PD Signs of a Toxic Relationship. The thing with the whore didn't descend into this, it started here and never changed. This went on for 10 years.

This wasn’t PTSD — this was me feeling utterly hollow, hopeless, and emotionally dead. I stood by as she slept with my friends, their brothers, and whoever else crossed her path. Things only started to shift when she got pregnant — and I had no idea who the father was.

What finally shattered any remaining attachment was discovering she had enabled the rape of a minor. My disgust hit a breaking point. I asked her when she planned to "calf" and told her to get the hell out of my house. Later, in a grotesque attempt at reconciliation, she walked naked into the living room, lay on the floor, spread her legs, and started masturbating in front of me.

I was disgusted when she began to jerk off in front of me. Quite a bit went into this scene. Four days before I'd thrown her and her pedophile boyfriend out of the house for raping a 14 year old child. Evidently while she'd been away, she'd decided that this was the way to seduce me back to her. She appeared shocked when I told her to quit it, and that she was acting like a whore, and to put her clothes on. She appeared utterly unable to appreciate that she'd done anything wrong. The thing really flummoxed her, because she got on the phone and called some crises line, and told the individual on the line that, she'd gotten naked, and had tried to jerk off for me, to fulfill one on my “fantasies”. Sadly for the whore, I overheard that part of the conversation, and called out loudly enough to be heard by the crises line person, interrupting their spiel about “some men can't handle their sexual fan...” “Did you tell her that you and your pedophile best friend raped a child, and that your existence disgusts me?” The crises line person said something about calling the police, and the whore hung up on her. I then spent a couple of hopeful hours waiting for the cops to show up, but they never did. The whore then fled to her pedophile boyfriend's place to warn him. She stayed with him for the next week. 

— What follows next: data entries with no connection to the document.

// The cells of a table, read into slices that the caller lends.
ghost use Rattle.std.specs.Prelude.{◌≡◌, ◌+◌, ◌*◌, ◌≤◌, length};
ghost use Rattle.cells.specs.promises.Lent.{SameCells};
ghost use Rattle.little_endian.specs.Bytes.{number_at};
ghost use Rattle.table_reader.specs.promises.Reading.{cell_values, cell_labels, overwritten, Read};
ghost use Rattle.value.specs.Pattern.{signed_of};

use cells::{LentCells, within};
use little_endian::{eight, four};
use table_part::{Shape, cell_count, shape_of};

// The value at a place. Of a part with just its bytes no place is tested again.
fn value_at(table: &[u8], place: usize) -> i64
    requires { place + 8 ≤ length table.now }
    ensures { result ≡ signed_of (number_at table.now place 8) }
{
    let field = &table[place..place + 8];
    value::pattern::signed(eight(field, 0))
}

// The label at a place.
fn label_at(table: &[u8], place: usize) -> u32
    requires { place + 4 ≤ length table.now }
    ensures { result ≡ number_at table.now place 4 }
{
    let field = &table[place..place + 4];
    four(field, 0)
}

// Writes the values and the labels of the first `count` cells, each from a place on. By the index, since after a `zip` of two `iter_mut` a proof
// knows no element of either slice.
fn copy_cells(table: &[u8], values: &mut [i64], labels: &mut [u32], at: usize, count: usize)
    requires { (4 + 12 * count ≤ length table.now) × (at + count ≤ length values.old) × (at + count ≤ length labels.old) }
    ensures values_after { values.new ≡ overwritten values.old at (cell_values table.now count) }
    ensures labels_after { labels.new ≡ overwritten labels.old at (cell_labels table.now count) }
{
    for cell in 0..count {
        let place = 4 + 12 * cell;
        let to = at + cell;
        values[to] = value_at(table, place);
        labels[to] = label_at(table, place + 8);
    }
}

// Writes a table's cells from a place on, the value of cell i to `at + i` of the values and its label to `at + i` of the labels,
// and answers its shape. Where the part or a slice is too short, it writes nothing.
pub fn read_cells(table: &[u8], cells: &mut LentCells, at: usize) -> Option<Shape>
    ensures done { Read table.now cells.old.values.now cells.old.labels.now at result
        cells.new.values.now cells.new.labels.now }
    ensures same { SameCells cells.old cells.new }
{
    let count = cell_count(table) as usize;
    let fits = (4 + 12 * count <= table.len())
        & within(at, count, cells.values.len())
        & within(at, count, cells.labels.len());
    if !fits {
        return None;
    }
    copy_cells(table, cells.values, cells.labels, at, count);
    Some(shape_of(table))
}
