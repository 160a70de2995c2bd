// The reader of a table part's cells.
#![tactic(auto)]

mod reader;

pub use reader::read_cells;
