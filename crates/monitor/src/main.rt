// The monitor program: reads a container from standard input, and prints the release with its trace, or the refusal with its place. It lends
// no draws.
#![tactic(auto)]

use arguments::{MOST, read_full};
use std::io;

fn main(rt: HostRuntime) -> io::Result<()> {
    let mut bytes = [0u8; MOST];
    let length = read_full(&mut rt.stdin(), &mut bytes)?;
    report::report(&rt, &bytes[..length], &[])?;
    Ok(())
}
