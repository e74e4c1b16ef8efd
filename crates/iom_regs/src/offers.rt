ghost use Rattle.std.specs.Prelude.{◌≡◌};
ghost use Rattle.iom_regs.specs.Offers.{capabilities_of, icvec_of};

use iom_bits::{Features, ROWS, Vectors, field, shown_bits};

// The fields of capabilities ("IOMMU capabilities"): the version, 1.0, and the bit of each paging mode that every IOMMU here has.
const VERSION: u64 = 0x10;

const SV39: u32 = 9;

const SV48: u32 = 10;

const SV39X4: u32 = 17;

const SV48X4: u32 = 18;

// IGS, which the word of features has at the same bits.
const IGS: u64 = 3 << 28;

// PAS: physical addresses of 56 bits.
const PAS_OF_56: u64 = 56 << 32;

// The fields that every IOMMU here has.
const EACH: u64 = VERSION + (1 << SV39) + (1 << SV48) + (1 << SV39X4) + (1 << SV48X4) + PAS_OF_56;

/// The value of capabilities with these features ("IOMMU capabilities"): of them IGS and those that the register shows. Svnapot, the number of
/// vectors and delays have no bit there.
#[tactic(auto, unfolding(iom_bits::specs::Features::rows))]
pub fn capabilities(features: Features) -> u64
    ensures { result ≡ capabilities_of features }
{
    EACH | (features.word() & (IGS | shown_bits(&ROWS)))
}

/// icvec after a write of `value` ("Interrupt-cause-to-vector register"): civ (bits 3:0) and fiv (bits 7:4), of each only the
/// lowest bits that number a vector: 0, 1 or 2 of them.
pub fn icvec_after_write(vectors: Vectors, value: u64) -> u64
    ensures value { result ≡ icvec_of vectors value }
    ensures whole { icvec_of vectors result ≡ result }
{
    match vectors {
        Vectors::One => 0,
        Vectors::Two => field(value, 0, 1) + (field(value, 4, 1) << 4),
        Vectors::Four => field(value, 0, 2) + (field(value, 4, 2) << 4),
    }
}
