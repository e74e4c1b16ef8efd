//! The offsets of the registers, in bytes from the first one ("Register layout"), and bits of the control and status registers.

ghost use Rattle.std.specs.Prelude.{◌≡◌, ◌&&◌, nat_le, nat_lt};
ghost use Rattle.iom_bits.specs.Features.{Features, has_messages};
ghost use Rattle.iom_regs.specs.Table.{slot_at, Whole, Low, Capabilities, Fctl, Ddtp, Cqb, Cqh, Cqt, Fqb, Fqh, Fqt, Cqcsr, Fqcsr, Ipsr, Icvec};

use iom_bits::Features;

/// capabilities, 8 bytes.
pub const CAPABILITIES: u64 = 0;

/// fctl, 4 bytes.
pub const FCTL: u64 = 8;

/// ddtp, 8 bytes.
pub const DDTP: u64 = 16;

/// cqb, 8 bytes.
pub const CQB: u64 = 24;

/// cqh, 4 bytes.
pub const CQH: u64 = 32;

/// cqt, 4 bytes.
pub const CQT: u64 = 36;

/// fqb, 8 bytes.
pub const FQB: u64 = 40;

/// fqh, 4 bytes.
pub const FQH: u64 = 48;

/// fqt, 4 bytes.
pub const FQT: u64 = 52;

/// cqcsr, 4 bytes.
pub const CQCSR: u64 = 72;

/// fqcsr, 4 bytes.
pub const FQCSR: u64 = 76;

/// ipsr, 4 bytes.
pub const IPSR: u64 = 84;

/// icvec, 8 bytes.
pub const ICVEC: u64 = 760;

/// msi_cfg_tbl: for each vector msi_addr, 8 bytes, msi_data, 4, and msi_vec_ctl, 4.
pub const MSI_CFG_TBL: u64 = 768;

// The upper halves of registers of eight bytes.

/// The upper half of capabilities.
pub const CAPABILITIES_HIGH: u64 = 4;

/// The upper half of ddtp.
pub const DDTP_HIGH: u64 = 20;

/// The upper half of cqb.
pub const CQB_HIGH: u64 = 28;

/// The upper half of fqb.
pub const FQB_HIGH: u64 = 44;

/// The upper half of icvec.
pub const ICVEC_HIGH: u64 = 764;

/// The four bytes before ipsr, which are no register.
pub const BEFORE_IPSR: u64 = 80;

/// fctl: WSI, interrupts go by wire ("Features-control register (fctl)").
pub const WSI: u64 = 2;

// Bits of ddtp ("Device-directory-table pointer (ddtp)").

/// busy: a write of ddtp isn't carried out yet.
pub const DDTP_BUSY: u32 = 4;

// Bits of cqcsr and fqcsr alike ("Command-queue CSR (cqcsr)", "Fault queue CSR (fqcsr)").

/// cqon or fqon: the queue is on.
pub const ON: u32 = 16;

/// busy: a write of the register isn't carried out yet.
pub const BUSY: u32 = 17;

// Bits of cqcsr ("Command-queue CSR (cqcsr)").

/// cqmf, a command-queue memory fault.
pub const CQMF: u32 = 8;

/// cmd_ill, an illegal command.
pub const CMD_ILL: u32 = 10;

/// fence_w_ip, an interrupt that a fence asked for.
pub const FENCE_W_IP: u32 = 11;

// Bits of fqcsr ("Fault queue CSR (fqcsr)").

/// fqmf, a fault-queue memory fault.
pub const FQMF: u32 = 8;

/// fqof, a fault-queue overflow.
pub const FQOF: u32 = 9;

/// Whether an offset is one of the table of vectors, which is there where interrupts may be messages.
pub fn is_in_table(features: Features, off: u64) -> bool
    ensures there { result ≡ (has_messages features && nat_le 768 off && nat_lt off 1024) }
{
    features.has_messages() && off >= MSI_CFG_TBL && off < 1024
}

/// A law: the register table has each register at the offset that this crate exports.
pub fn register_layout()
    ensures capabilities { (features : Features) → slot_at features CAPABILITIES ≡ Low Capabilities }
    ensures fctl { (features : Features) → slot_at features FCTL ≡ Whole Fctl }
    ensures ddtp { (features : Features) → slot_at features DDTP ≡ Low Ddtp }
    ensures cqb { (features : Features) → slot_at features CQB ≡ Low Cqb }
    ensures cqh { (features : Features) → slot_at features CQH ≡ Whole Cqh }
    ensures cqt { (features : Features) → slot_at features CQT ≡ Whole Cqt }
    ensures fqb { (features : Features) → slot_at features FQB ≡ Low Fqb }
    ensures fqh { (features : Features) → slot_at features FQH ≡ Whole Fqh }
    ensures fqt { (features : Features) → slot_at features FQT ≡ Whole Fqt }
    ensures cqcsr { (features : Features) → slot_at features CQCSR ≡ Whole Cqcsr }
    ensures fqcsr { (features : Features) → slot_at features FQCSR ≡ Whole Fqcsr }
    ensures ipsr { (features : Features) → slot_at features IPSR ≡ Whole Ipsr }
    ensures icvec { (features : Features) → slot_at features ICVEC ≡ Low Icvec }
{}
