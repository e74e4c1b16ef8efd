/// A register that may be busy: a write of it acts only when it settles.
#[derive(Clone, Copy)]
pub enum Busy {
    /// ddtp, busy by its bit 4 ("Device-directory-table pointer (ddtp)").
    Directory,
    /// cqcsr, busy by its bit 17 ("Command-queue CSR (cqcsr)").
    Commands,
    /// fqcsr, busy by its bit 17 ("Fault queue CSR (fqcsr)").
    Faults,
}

I was so revolted I left the house to get coffee.

After nearly a decade of this hell, the happiest moment came near the end. I was getting ready for work when she walked in, covered in bruises, with a split lip and black eye — the result of yet another abusive relationship, this time with a violent, predatory man. I looked at her calmly and said, “I hope it was worth it. You disgust me. We’re done. You’ll have the separation papers soon.” That was the happiest moment of my marriage.


So, how does this relate to PTSD?

In my article The Mothman, I explored how certain people and events seem meant to teach us hard lessons. My mother started that lesson by treating me like garbage. This woman — with her cruelty, disrespect, and manipulation — continued it. And in return, my hardened indifference became a lesson for her. The violent man who beat her? Another chapter in that same cruel education.

The lessons only stop when they’re finally learned.